Finding the inverse of a simple cubic function, for example, f(x) = x^3 is easy.

But finding the inverse of f(x) = x^3 + 5x^2 + 2x - 6 is very difficult, if not impossible.
• What is the inverse function of f(x) = 2x^3-5 • I still don't understand the first step of implicit differentiation. Why the derivative with respect to x on each side of the equation should be equal? What does it mean? • my calculation is:
f'(x)=1/h'(f(x)) ==> f'(-2)=1/h'(f(-2)) ==> f'(-2)=1/h'(-14), and then solve for h'(-14).

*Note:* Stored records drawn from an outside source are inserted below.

/// Loads the image at a place of the script and puts the line of the step.
#[tactic(auto, unfolding(crate::specs::ScriptRuns::load_made))]
fn load_image<O: Sink>(
    alloc: Global,
    name: &Text,
    place: usize,
    file: &ImageFile,
    running: &mut Running,
    out: &mut O,
) -> Result<Course, Stop>
    requires known { place < length running.old.handles }
    ensures made { IfOk result (λ course. Made (load_made name.now place file.now.bytes.items running.old) course running.new) }
    ensures puts { Puts result (bytes_of (load_made name.now place file.now.bytes.items running.old).lines) (O.written out.old) (O.faults out.old) (O.written out.new) (O.faults out.new) }
    ensures many { length running.new.handles ≡ length running.old.handles }
{
    let (status, handle, base, pages) = match load(
        alloc,
        &mut running.machine,
        file.bytes.as_slice(),
    ) {
        Ok(loaded) => loaded,
        Err(_) => return Err(Stop::Memory),
    };
    running.keep(place, handle);
    match put_load(alloc, name, status.0, base, pages, out) {
        Ok(()) => Ok(Course::GoesOn),
        Err(stop) => Err(stop),
    }
}

/// How the run stands behind a job.
pub(crate) fn course_of(end: &JobEnd) -> Course
    ensures { result ≡ course_of end.now }
{
    match end {
        JobEnd::Left { .. } => Course::GoesOn,
        JobEnd::Trapped { .. } => Course::GoesOn,
        JobEnd::Reset { .. } => Course::Resets,
        JobEnd::Halted(_) => Course::Halts,
    }
}

/// The line of a halt.
pub(crate) fn halt_line(halt: Halt) -> Line
    ensures { result ≡ lines.Halt halt.cause halt.pc halt.at }
{
    Line::Halt {
        cause: halt.cause,
        h0: halt.pc,
        h1: halt.at,
    }
}

/// Puts the line of a call that was ended by its bound or a trap.
pub(crate) fn put_stop<O: Sink>(
    alloc: Global,
    name: &Text,
    cause: Cause,
    steps: u64,
    out: &mut O,
) -> Result<(), Stop>
    ensures { Puts result (line_bytes (stop_line name.now cause steps)) (O.written out.old) (O.faults out.old) (O.written out.new) (O.faults out.new) }
{
    let name = copy_of(alloc, name)?;
    let line = match cause {
        Cause::Bound => Line::CallBound { name, steps },
        cause => Line::CallTrap { name, cause, steps },
    };
    say(alloc, line, out)
}

/// Puts the last line of a job.
fn put_last<O: Sink>(alloc: Global, name: &Text, end: JobEnd, out: &mut O) -> Result<Course, Stop>
    ensures course { IfOk result (λ course. course ≡ course_of end) }
    ensures puts { Puts result (line_bytes (last_line name.now end)) (O.written out.old) (O.faults out.old) (O.written out.new) (O.faults out.new) }
{
    let course = course_of(&end);
    let put = match end {
        JobEnd::Left { value, steps } => put_start(alloc, name, value, steps, out),
        JobEnd::Trapped { cause, steps } => put_stop(alloc, name, cause, steps, out),
        JobEnd::Reset { kind, status } => say(alloc, Line::Reset { kind, h0: status }, out),
        JobEnd::Halted(halt) => say(alloc, halt_line(halt), out),
    };
    match put {
        Ok(()) => Ok(course),
        Err(stop) => Err(stop),
    }
}

/// Puts the lines of the job under way.
fn finish_job<O: Sink>(
    alloc: Global,
    name: &Text,
    running: &mut Running,
    out: &mut O,
) -> Result<Course, Stop>
    ensures made { IfOk result (λ course. Made (job_over name.now running.old.handles (job_of running.old.machine)) course running.new) }
    ensures puts { Puts result (bytes_of (job_over name.now running.old.handles (job_of running.old.machine)).lines) (O.written out.old) (O.faults out.old) (O.written out.new) (O.faults out.new) }
    ensures handles { running.new.handles ≡ running.old.handles }
{
    let end = match run_job(alloc, &mut running.machine, out) {
        Ok(end) => end,
        Err(stop) => return Err(stop),
    };
    put_last(alloc, name, end, out)
}

/// Runs the image at a place of the script, if it can begin, and puts the lines of the step.
#[tactic(auto, unfolding(crate::specs::ScriptRuns::start_made))]
fn start<O: Sink>(
    alloc: Global,
    name: &Text,
    place: usize,
    bound: u64,
    running: &mut Running,
    out: &mut O,
) -> Result<Course, Stop>
    requires known { place < length running.old.handles }
    ensures made { IfOk result (λ course. Made (start_made name.now place bound running.old) course running.new) }
    ensures puts { Puts result (bytes_of (start_made name.now place bound running.old).lines) (O.written out.old) (O.faults out.old) (O.written out.new) (O.faults out.new) }
    ensures many { length running.new.handles ≡ length running.old.handles }
{
    let job = Job::Start {
        handle: running.handle_at(place),
        bound,
    };
    match begin(&mut running.machine, &job) {
        Ok(true) => return finish_job(alloc, name, running, out),
        Ok(false) => {}
        Err(_) => return Err(Stop::Memory),
    }
    match put_start(alloc, name, EfiStatus::INVALID_PARAMETER.0, 0, out) {
        Ok(()) => Ok(Course::GoesOn),
        Err(stop) => Err(stop),
    }
}

/// Unloads the image at a place of the script and puts the line of the step.
#[tactic(auto, unfolding(crate::specs::ScriptRuns::unload_made))]
fn unload_image<O: Sink>(
    alloc: Global,
    name: &Text,
    place: usize,
    running: &mut Running,
    out: &mut O,
) -> Result<Course, Stop>
    requires known { place < length running.old.handles }
    ensures made { IfOk result (λ course. Made (unload_made name.now place running.old) course running.new) }
    ensures puts { Puts result (bytes_of (unload_made name.now place running.old).lines) (O.written out.old) (O.faults out.old) (O.written out.new) (O.faults out.new) }
    ensures many { length running.new.handles ≡ length running.old.handles }
{
    let handle = running.handle_at(place);
    let status = match unload(&mut running.machine, handle) {
        Ok(status) => status,
        Err(_) => return Err(Stop::Memory),
    };
    match put_unload(alloc, name, status.0, out) {
        Ok(()) => Ok(Course::GoesOn),
        Err(stop) => Err(stop),
    }
}

/// Puts the last line of the job that ends boot services.
fn put_exit<O: Sink>(alloc: Global, end: JobEnd, out: &mut O) -> Result<Course, Stop>
    ensures course { IfOk result (λ course. course ≡ course_of end) }
    ensures puts { Puts result (line_bytes (exit_line end)) (O.written out.old) (O.faults out.old) (O.written out.new) (O.faults out.new) }
{
    let course = course_of(&end);
    let put = match end {
        JobEnd::Left { value, .. } => say(alloc, Line::ExitBoot { h0: value }, out),
        JobEnd::Trapped { cause, .. } => {
            let (h0, h1) = (0, 0);
            say(alloc, Line::Halt { cause, h0, h1 }, out)
        }
        JobEnd::Reset { kind, status } => say(alloc, Line::Reset { kind, h0: status }, out),
        JobEnd::Halted(halt) => say(alloc, halt_line(halt), out),
    };
    match put {
        Ok(()) => Ok(course),
        Err(stop) => Err(stop),
    }
}

/// Puts the lines of the job that ends boot services.
fn finish_exit<O: Sink>(alloc: Global, running: &mut Running, out: &mut O) -> Result<Course, Stop>
    ensures made { IfOk result (λ course. Made (exit_over running.old.handles (job_of running.old.machine)) course running.new) }
    ensures puts { Puts result (bytes_of (exit_over running.old.handles (job_of running.old.machine)).lines) (O.written out.old) (O.faults out.old) (O.written out.new) (O.faults out.new) }
    ensures handles { running.new.handles ≡ running.old.handles }
{
    let end = match run_job(alloc, &mut running.machine, out) {
        Ok(end) => end,
        Err(stop) => return Err(stop),
    };
    put_exit(alloc, end, out)
}

/// Ends boot services for the image at a place of the script and puts the lines of the step.
#[tactic(auto, unfolding(crate::specs::ScriptRuns::exit_made))]
fn exit_boot<O: Sink>(
    alloc: Global,
    place: usize,
    key: Option<u64>,
    running: &mut Running,
    out: &mut O,
) -> Result<Course, Stop>
    requires known { place < length running.old.handles }
    ensures made { IfOk result (λ course. Made (exit_made place key running.old) course running.new) }
    ensures puts { Puts result (bytes_of (exit_made place key running.old).lines) (O.written out.old) (O.faults out.old) (O.written out.new) (O.faults out.new) }
    ensures many { length running.new.handles ≡ length running.old.handles }
{
    let handle = running.handle_at(place);
    let status = match running.machine.exit_boot(handle, key) {
        Ok(status) => status.0,
        Err(_) => return Err(Stop::Memory),
    };
    if status == EfiStatus::SUCCESS.0 {
        return finish_exit(alloc, running, out);
    }
    match say(alloc, Line::ExitBoot { h0: status }, out) {
        Ok(()) => Ok(Course::GoesOn),
        Err(stop) => Err(stop),
    }
}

It's still correct, right • I cant understand how f(h(x))=x, can you explain this? • This is a rule that we learned from regular inverses. Since they are inverses, this must be true. For example, if
``f(x) = sqrt(3x - 4)``
the inverse of that is
``h(x) = (x^2 + 4)/3``
Test it out, it works! Now, if you plug in h(x) to f(x), you get x. Try plugging in f(x) to h(x). You get x. Note that h(x) is basically the opposite of f(x):
In f(x) you multiply x by 3, subtract 4, and square root it
In h(x) you square it, add 4, and divide x by 3
• In the previous video, it showed that g(f(x))=x. Why is it that in this video, everything is swapped and that f(h(x))=x instead? The formula comes out different too. In the first video, formula is f'(x)=1/g'(f(x)) while here, it is h'(x)=1/f'(h(x)) • I think we get the same result from g(h(x)) and h(g(x)), correct me if I'm mistaken. How is this possible? I see they yield the same result but I can't get the intuitive sense of it.
(1 vote) • Does the function need to be bijective in order to have an inverse function?
Also, how can we prove that the inverse of a continuous (and differentiable) function is also continuous (and differentiable)? I'm stuck with the proof. • A function must be bijective in order to be invertible. If you are unsure why this is true, I suggest you look into the inverse function videos in the algebra section.

First note that differentiability implies continuity because it is a stronger condition. That being said, the inverse of a function is indeed differentiable if the original function is differentiable, as graphically, the inverse of a function has a graph that is the reflection of the graph of the original function across the line 𝑦 = 𝑥.

While this an intuitive explanation, it is not rigorous. We can show this rigorously as follows:
By the definition of inverse functions, we have:
𝑓⁻¹(𝑓(𝑥)) = 𝑥
Then we differentiate both sides:
𝑓'(𝑥) • 𝑓⁻¹'(𝑓(𝑥)) = 1
Thus we have:
𝑓⁻¹'(𝑓(𝑥)) = 1/[𝑓'(𝑥)]
𝑓⁻¹'(𝑥) = 1/[𝑓'(𝑓⁻¹(𝑥))]
So 𝑓⁻¹ is differentiable as we can find its derivative. Comment if you have questions!